- _Work task_: Each line of the listing where the string "static" appears is to be identified and copied.

----- Data extract -----

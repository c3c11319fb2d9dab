//! mps_local: a local type's first fault is found, the limits first, in types of any size.
use crate::words::{name, variable};
use mps_base::{Role, Sort};
use mps_local::{
    Branches, Local, LocalFault, first_fault, local_fault_laws, local_size_laws,
    projections_have_no_fault,
};
use std::alloc::AllocGlobal;
use std::process::Abort;

// A node, with what comes after it left out.
#[derive(Clone, Copy)]
enum Part<'a> {
    Var(&'a str),
    Rec(&'a str),
    Sends,
    Takes,
    // the last of the labels goes on, each other one ends
    Chooses(&'a [&'a str]),
    Picks(&'a [&'a str]),
}

// The branch of these letters, and then the others.
fn more(rt: &(impl Abort + AllocGlobal), letters: &str, next: Local, others: Branches) -> Branches {
    Branches::more(rt.alloc(), name(rt, letters), next, others).expect(rt, "memory")
}

// Branches of these labels, of which the last goes on with `next`.
fn branches(rt: &(impl Abort + AllocGlobal), labels: &[&str], next: Local) -> Branches {
    let mut branches = Branches::NoMore;
    let mut body = next;
    for k in 0..labels.len() {
        branches = more(rt, labels[labels.len() - 1 - k], body, branches);
        body = Local::End;
    }
    branches
}

// The node in front of `next`.
fn in_front(rt: &(impl Abort + AllocGlobal), part: &Part<'_>, next: Local) -> Local {
    let peer = Role::new(1);
    let made = match part {
        Part::Var(letters) => return Local::Var(variable(rt, letters)),
        Part::Rec(letters) => Local::rec(rt.alloc(), variable(rt, letters), next),
        Part::Sends => Local::send(rt.alloc(), peer, Sort::Int, next),
        Part::Takes => Local::recv(rt.alloc(), peer, Sort::Text, next),
        Part::Chooses(labels) => {
            return Local::Select {
                peer,
                branches: branches(rt, labels, next),
            };
        }
        Part::Picks(labels) => {
            return Local::Branch {
                peer,
                branches: branches(rt, labels, next),
            };
        }
    };
    made.expect(rt, "memory")
}

// The parts, one after the other, and then the end.
fn chain(rt: &(impl Abort + AllocGlobal), parts: &[Part<'_>]) -> Local {
    let mut body = Local::End;
    for k in 0..parts.len() {
        body = in_front(rt, &parts[parts.len() - 1 - k], body);
    }
    body
}

// So many of the part in front of `next`.
fn many(rt: &(impl Abort + AllocGlobal), count: u32, part: &Part<'_>, next: Local) -> Local {
    let mut body = next;
    for _ in 0..count {
        body = in_front(rt, part, body);
    }
    body
}

// The type has that first fault, or none.
fn has_fault(rt: &impl Abort, t: Local, fault: Option<LocalFault>) {
    assert_eq!(rt; first_fault(&t), fault, "the first fault");
}

// So many outputs and then the parts, of that row, have that first fault, or none.
fn tells(
    rt: &(impl Abort + AllocGlobal),
    row: usize,
    count: u32,
    parts: &[Part<'_>],
    fault: Option<LocalFault>,
) {
    let found = first_fault(&many(rt, count, &Part::Sends, chain(rt, parts)));
    assert_eq!(rt; found, fault, "row {row} (from 0) after {count} outputs");
}

// 17 labels, one more than a choice may have.
const LABELS: &[&str] = &[
    "l1", "l2", "l3", "l4", "l5", "l6", "l7", "l8", "l9", "l10", "l11", "l12", "l13", "l14", "l15",
    "l16", "l17",
];

// As many labels as a choice may have, and then as many others.
const FIRST_SIXTEEN: &[&str] = &[
    "l1", "l2", "l3", "l4", "l5", "l6", "l7", "l8", "l9", "l10", "l11", "l12", "l13", "l14", "l15",
    "l16",
];

const LAST_SIXTEEN: &[&str] = &[
    "l2", "l3", "l4", "l5", "l6", "l7", "l8", "l9", "l10", "l11", "l12", "l13", "l14", "l15",
    "l16", "l17",
];

// 17 labels, of which the last is the first once more.
const FIRST_TWICE: &[&str] = &[
    "l1", "l2", "l3", "l4", "l5", "l6", "l7", "l8", "l9", "l10", "l11", "l12", "l13", "l14", "l15",
    "l16", "l1",
];

// For each fault of a node, in their order, a type that has it.
const FAULTY: &[(&[Part<'static>], LocalFault)] = &[
    // a label twice, which is told before that there are too many
    (&[Part::Chooses(&["l", "m", "l"])], LocalFault::DoubleLabel),
    (&[Part::Picks(FIRST_TWICE)], LocalFault::DoubleLabel),
    // 17 branches, and none
    (&[Part::Picks(LABELS)], LocalFault::TooManyBranches),
    (&[Part::Chooses(&[])], LocalFault::NoBranches),
    // no `rec` of Y
    (
        &[Part::Rec("X"), Part::Takes, Part::Var("Y")],
        LocalFault::Unbound,
    ),
    // a `rec` of X in one of X
    (
        &[
            Part::Rec("X"),
            Part::Sends,
            Part::Rec("X"),
            Part::Takes,
            Part::Var("X"),
        ],
        LocalFault::Shadowed,
    ),
    // no act between a `rec` and its variable, though another `rec`
    (&[Part::Rec("X"), Part::Var("X")], LocalFault::Unguarded),
    (
        &[
            Part::Rec("X"),
            Part::Sends,
            Part::Rec("Y"),
            Part::Rec("Z"),
            Part::Var("Y"),
        ],
        LocalFault::Unguarded,
    ),
];

// `mps_local::first_fault` names each kind of fault that a node may have, near the root and deep below it.
#[test]
fn each_kind_of_fault_is_named(rt: HostRuntime) {
    for (k, row) in FAULTY.iter().enumerate() {
        tells(&rt, k, 0, row.0, Some(row.1));
        // below 50 outputs, so that few of the 64 levels are left
        tells(&rt, k, 50, row.0, Some(row.1));
    }
}

// A choice between the two has that first fault.
fn tells_of_choice(
    rt: &(impl Abort + AllocGlobal),
    left: &[Part<'_>],
    right: &[Part<'_>],
    fault: LocalFault,
) {
    let others = more(rt, "m", chain(rt, right), Branches::NoMore);
    let branches = more(rt, "l", chain(rt, left), others);
    let peer = Role::new(0);
    has_fault(rt, Local::Branch { peer, branches }, Some(fault));
}

// A `rec` or a choice with a fault, another fault below it, and the fault that is named: that of the upper one.
const FAULT_BELOW: &[(&[Part<'static>], LocalFault)] = &[
    (
        &[Part::Chooses(&["l", "l"]), Part::Var("X")],
        LocalFault::DoubleLabel,
    ),
    (
        &[Part::Picks(&["l", "l"]), Part::Var("X")],
        LocalFault::DoubleLabel,
    ),
    (
        &[Part::Picks(LABELS), Part::Chooses(&["l", "l"])],
        LocalFault::TooManyBranches,
    ),
    (
        &[Part::Rec("X"), Part::Picks(LABELS), Part::Rec("X")],
        LocalFault::TooManyBranches,
    ),
    (
        &[
            Part::Rec("X"),
            Part::Takes,
            Part::Rec("X"),
            Part::Chooses(&[]),
        ],
        LocalFault::Shadowed,
    ),
    (
        &[Part::Rec("X"), Part::Rec("X"), Part::Var("X")],
        LocalFault::Shadowed,
    ),
    (
        &[Part::Rec("X"), Part::Sends, Part::Rec("X"), Part::Var("Y")],
        LocalFault::Shadowed,
    ),
];

// `mps_local::first_fault`: of two branches with a fault the left one's is named, and of two nodes on a path the upper
// one's.
#[test]
fn the_first_fault_in_preorder_is_named(rt: HostRuntime) {
    for first in FAULTY {
        for second in FAULTY {
            tells_of_choice(&rt, first.0, second.0, first.1);
        }
    }
    for (k, row) in FAULT_BELOW.iter().enumerate() {
        tells(&rt, k, 0, row.0, Some(row.1));
    }
}

// How many outputs stand before the end, and the fault. With the end 63 are 64 levels, and 255 are 256 nodes.
const LENGTHS: &[(u32, Option<LocalFault>)] = &[
    (63, None),
    (64, Some(LocalFault::TooDeep)),
    (255, Some(LocalFault::TooDeep)),
    (256, Some(LocalFault::TooManyNodes)),
];

// `mps_local::first_fault` tells limits first: 64 outputs and a faulty node are too many levels, 256 and one too many
// nodes.
#[test]
fn limits_are_named_before_other_faults(rt: HostRuntime) {
    for (k, row) in FAULTY.iter().enumerate() {
        tells(&rt, k, 64, row.0, Some(LocalFault::TooDeep));
        tells(&rt, k, 256, row.0, Some(LocalFault::TooManyNodes));
    }
    for (k, row) in LENGTHS.iter().enumerate() {
        tells(&rt, k, row.0, &[], row.1);
    }
}

// A choice of three labels, of which the one in that place has so many outputs after it, and each
// other one ends.
fn uneven(rt: &(impl Abort + AllocGlobal), place: usize, count: u32) -> Local {
    let mut branches = Branches::NoMore;
    for k in 0..3usize {
        let below = if 2 - k == place { count } else { 0 };
        let next = many(rt, below, &Part::Sends, Local::End);
        branches = more(rt, LABELS[2 - k], next, branches);
    }
    let peer = Role::new(1);
    Local::Select { peer, branches }
}

// `mps_local::first_fault` finds the deepest of three branches: the choice, 62 outputs and the end are 64 levels, the
// most.
#[test]
fn levels_are_counted_in_the_deepest_branch(rt: HostRuntime) {
    for place in 0..3usize {
        let (most, more) = (uneven(&rt, place, 62), uneven(&rt, place, 63));
        assert_eq!(rt; first_fault(&most), None, "branch {place}");
        assert_eq!(rt;
            first_fault(&more),
            Some(LocalFault::TooDeep),
            "branch {place}"
        );
    }
}

// A loop of so many inputs.
fn inputs(rt: &(impl Abort + AllocGlobal), count: u32) -> Local {
    let last = Local::Var(variable(rt, "X"));
    in_front(rt, &Part::Rec("X"), many(rt, count, &Part::Takes, last))
}

// A choice of 16 labels. After 15 of them stands a loop of 14 inputs, which has 16 nodes, and
// after the last one a loop of so many.
fn loops(rt: &(impl Abort + AllocGlobal), last: u32) -> Local {
    let mut branches = more(rt, "l16", inputs(rt, last), Branches::NoMore);
    for k in 0..15usize {
        branches = more(rt, LABELS[14 - k], inputs(rt, 14), branches);
    }
    let peer = Role::new(1);
    Local::Branch { peer, branches }
}

// `mps_local::first_fault` counts all branches: the choice and 15 loops have 241 nodes, a loop of 13 inputs makes 256,
// the most.
#[test]
fn nodes_are_counted_over_all_branches(rt: HostRuntime) {
    has_fault(&rt, loops(&rt, 13), None);
    has_fault(&rt, loops(&rt, 14), Some(LocalFault::TooManyNodes));
}

// Types without a fault.
const FAULTLESS: &[&[Part<'static>]] = &[
    // the end alone, and a loop
    &[],
    &[Part::Rec("X"), Part::Sends, Part::Var("X")],
    // two `rec`s before one act, and one `rec` after the act
    &[
        Part::Rec("X"),
        Part::Rec("Y"),
        Part::Picks(&["l", "m"]),
        Part::Var("X"),
    ],
    &[Part::Rec("X"), Part::Takes, Part::Rec("Y"), Part::Var("X")],
    // the most labels, and the same labels in two choices
    &[
        Part::Chooses(FIRST_SIXTEEN),
        Part::Picks(LAST_SIXTEEN),
        Part::Sends,
    ],
    &[Part::Chooses(&["l", "m"]), Part::Chooses(&["l", "m"])],
];

// `mps_local::first_fault` finds none in these. The laws `local_fault_laws`, `local_size_laws` and
// `projections_have_no_fault` are called last: a law's call does nothing, it shows that others can call it so.
#[test]
fn a_type_without_a_fault_has_none(rt: HostRuntime) {
    for (k, parts) in FAULTLESS.iter().enumerate() {
        tells(&rt, k, 0, parts, None);
    }
    local_fault_laws();
    local_size_laws();
    projections_have_no_fault();
}

// So many of the part and then a variable are too many nodes.
fn is_too_long(rt: &(impl Abort + AllocGlobal), count: u32, part: &Part<'_>) {
    let last = Local::Var(variable(rt, "Y"));
    has_fault(
        rt,
        many(rt, count, part, last),
        Some(LocalFault::TooManyNodes),
    );
}

// A choice of so many labels, after each of which the type ends.
fn wide(rt: &(impl Abort + AllocGlobal), count: u32) -> Local {
    let mut branches = Branches::NoMore;
    for _ in 0..count {
        branches = more(rt, "l", Local::End, branches);
    }
    let peer = Role::new(9);
    Local::Select { peer, branches }
}

// `mps_local::first_fault` takes types of any size: so many nodes run the stack out where a function calls itself for
// each.
#[test]
fn a_type_of_any_size_is_checked(rt: HostRuntime) {
    is_too_long(&rt, 1_000_000, &Part::Sends);
    is_too_long(&rt, 1_000_000, &Part::Takes);
    is_too_long(&rt, 1_000_000, &Part::Rec("X"));
    is_too_long(&rt, 100_000, &Part::Picks(&["l"]));
    has_fault(&rt, wide(&rt, 100_000), Some(LocalFault::TooManyNodes));
}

-----

- _Your solution_:
const FAULTY: &[(&[Part<'static>], LocalFault)] = &[
const FAULT_BELOW: &[(&[Part<'static>], LocalFault)] = &[
const FAULTLESS: &[&[Part<'static>]] = &[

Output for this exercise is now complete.